▶ _PROBLEM_
In the listing below, identify each line with the word "ClosingFile" and return those lines.

▶ _THE DATA_
//! spawn, where it was refused something: what it asks at each stage, and what it does next.

ghost use Rattle.std.specs.Prelude.{◌≡◌};
ghost use Rattle.lib_stage.specs.Asks.{IsAligned};
ghost use Rattle.lib_birth.specs.UndoingStages as stages;

use jos_base::{Called, SYS_ENV_DESTROY, UTEMP};
use lib_fd::{ask_drop_at, descriptor_va};
use lib_image::{go_on, show};
use lib_os::{DESCRIPTORS, SPAWN_GIVEN, SPAWN_STACK, SpawnStep, UndoingStep};
use lib_stage::{Ask, Next};

/// What is asked at a stage.
pub(crate) fn ask_of_undoing(at: UndoingStep) -> Ask
    ensures is { result ≡ stages.undoing_asks at }
    ensures aligned { IsAligned result }
{
    match at {
        UndoingStep::DestroyingChild { child, .. } => Ask::System {
            number: SYS_ENV_DESTROY,
            args: [child, 0, 0, 0, 0],
        },
        UndoingStep::ClosingFile { fd, .. } => ask_drop_at(descriptor_va(fd)),
        UndoingStep::UndoingStack { .. } => ask_drop_at(SPAWN_STACK),
        UndoingStep::UndoingGiven { .. } => ask_drop_at(SPAWN_GIVEN),
        UndoingStep::UndoingPath { .. } => ask_drop_at(UTEMP),
    }
}

/// The child is gone: the descriptor of the file is next, if this is one.
fn closed_next(fd: u32, error: u32) -> SpawnStep
    ensures { result ≡ stages.closed_next fd error }
{
    let at = if fd < DESCRIPTORS as u32 {
        UndoingStep::ClosingFile { fd, error }
    } else {
        UndoingStep::UndoingStack { error }
    };
    SpawnStep::Undoing { at }
}

/// What is done next at a stage, by what came of the call.
pub(crate) fn next_of_undoing(at: UndoingStep, called: Called) -> Next
    ensures { result ≡ stages.undoing_next at called }
{
    match at {
        UndoingStep::DestroyingChild {
            fd,
            child: _,
            error,
        } => match called {
            Called::Ended => Next::Gone,
            Called::Answered(_) | Called::Blocked => show(closed_next(fd, error)),
        },
        UndoingStep::ClosingFile { fd: _, error } => show(SpawnStep::Undoing {
            at: UndoingStep::UndoingStack { error },
        }),
        UndoingStep::UndoingStack { error } => go_on(SpawnStep::Undoing {
            at: UndoingStep::UndoingGiven { error },
        }),
        UndoingStep::UndoingGiven { error } => go_on(SpawnStep::Undoing {
            at: UndoingStep::UndoingPath { error },
        }),
        UndoingStep::UndoingPath { error } => Next::Answer(error),
    }
}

▶ _EXERCISE SOLUTION_
        UndoingStep::ClosingFile { fd, .. } => ask_drop_at(descriptor_va(fd)),
        UndoingStep::ClosingFile { fd, error }
        UndoingStep::ClosingFile { fd: _, error } => show(SpawnStep::Undoing {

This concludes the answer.